● Task requirements: In the entries below, find every line with "Prelude" and copy it.

● Exercise input:

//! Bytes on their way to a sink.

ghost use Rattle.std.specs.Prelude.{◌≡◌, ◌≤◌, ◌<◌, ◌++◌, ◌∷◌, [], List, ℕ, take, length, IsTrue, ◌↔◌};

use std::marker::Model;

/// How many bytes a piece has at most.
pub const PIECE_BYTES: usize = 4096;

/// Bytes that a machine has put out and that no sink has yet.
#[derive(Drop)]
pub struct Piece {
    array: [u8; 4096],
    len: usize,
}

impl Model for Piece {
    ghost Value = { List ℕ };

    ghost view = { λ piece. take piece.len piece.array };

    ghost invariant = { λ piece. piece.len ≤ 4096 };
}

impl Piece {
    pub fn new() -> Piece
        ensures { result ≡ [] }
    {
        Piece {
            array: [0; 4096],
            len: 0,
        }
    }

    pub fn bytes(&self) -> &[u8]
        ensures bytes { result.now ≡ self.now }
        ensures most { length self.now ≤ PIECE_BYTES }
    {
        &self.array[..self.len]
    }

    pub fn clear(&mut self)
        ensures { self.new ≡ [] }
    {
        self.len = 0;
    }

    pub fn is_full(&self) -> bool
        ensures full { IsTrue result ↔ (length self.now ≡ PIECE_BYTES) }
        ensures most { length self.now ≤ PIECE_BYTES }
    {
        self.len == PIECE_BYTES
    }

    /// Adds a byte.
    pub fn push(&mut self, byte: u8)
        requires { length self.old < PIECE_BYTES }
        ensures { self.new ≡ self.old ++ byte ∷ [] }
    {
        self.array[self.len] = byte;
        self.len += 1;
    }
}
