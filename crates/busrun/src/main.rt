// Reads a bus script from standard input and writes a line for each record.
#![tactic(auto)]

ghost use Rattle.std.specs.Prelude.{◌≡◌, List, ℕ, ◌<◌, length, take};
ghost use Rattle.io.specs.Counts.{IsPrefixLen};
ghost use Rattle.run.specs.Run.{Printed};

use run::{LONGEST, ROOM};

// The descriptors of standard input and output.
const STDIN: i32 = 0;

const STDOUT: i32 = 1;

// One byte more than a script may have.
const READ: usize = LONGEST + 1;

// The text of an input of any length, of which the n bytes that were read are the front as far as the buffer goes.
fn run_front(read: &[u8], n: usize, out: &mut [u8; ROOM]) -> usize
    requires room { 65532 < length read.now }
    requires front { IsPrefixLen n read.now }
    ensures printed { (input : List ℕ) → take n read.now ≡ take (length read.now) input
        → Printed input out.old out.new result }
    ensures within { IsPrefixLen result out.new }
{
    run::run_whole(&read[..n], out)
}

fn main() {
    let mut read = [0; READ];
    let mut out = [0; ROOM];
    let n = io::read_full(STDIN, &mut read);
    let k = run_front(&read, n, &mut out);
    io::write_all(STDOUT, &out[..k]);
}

● Written answer:
ghost use Rattle.std.specs.Prelude.{◌≡◌, ◌≤◌, ◌<◌, ◌++◌, ◌∷◌, [], List, ℕ, take, length, IsTrue, ◌↔◌};
ghost use Rattle.std.specs.Prelude.{◌≡◌, List, ℕ, ◌<◌, length, take};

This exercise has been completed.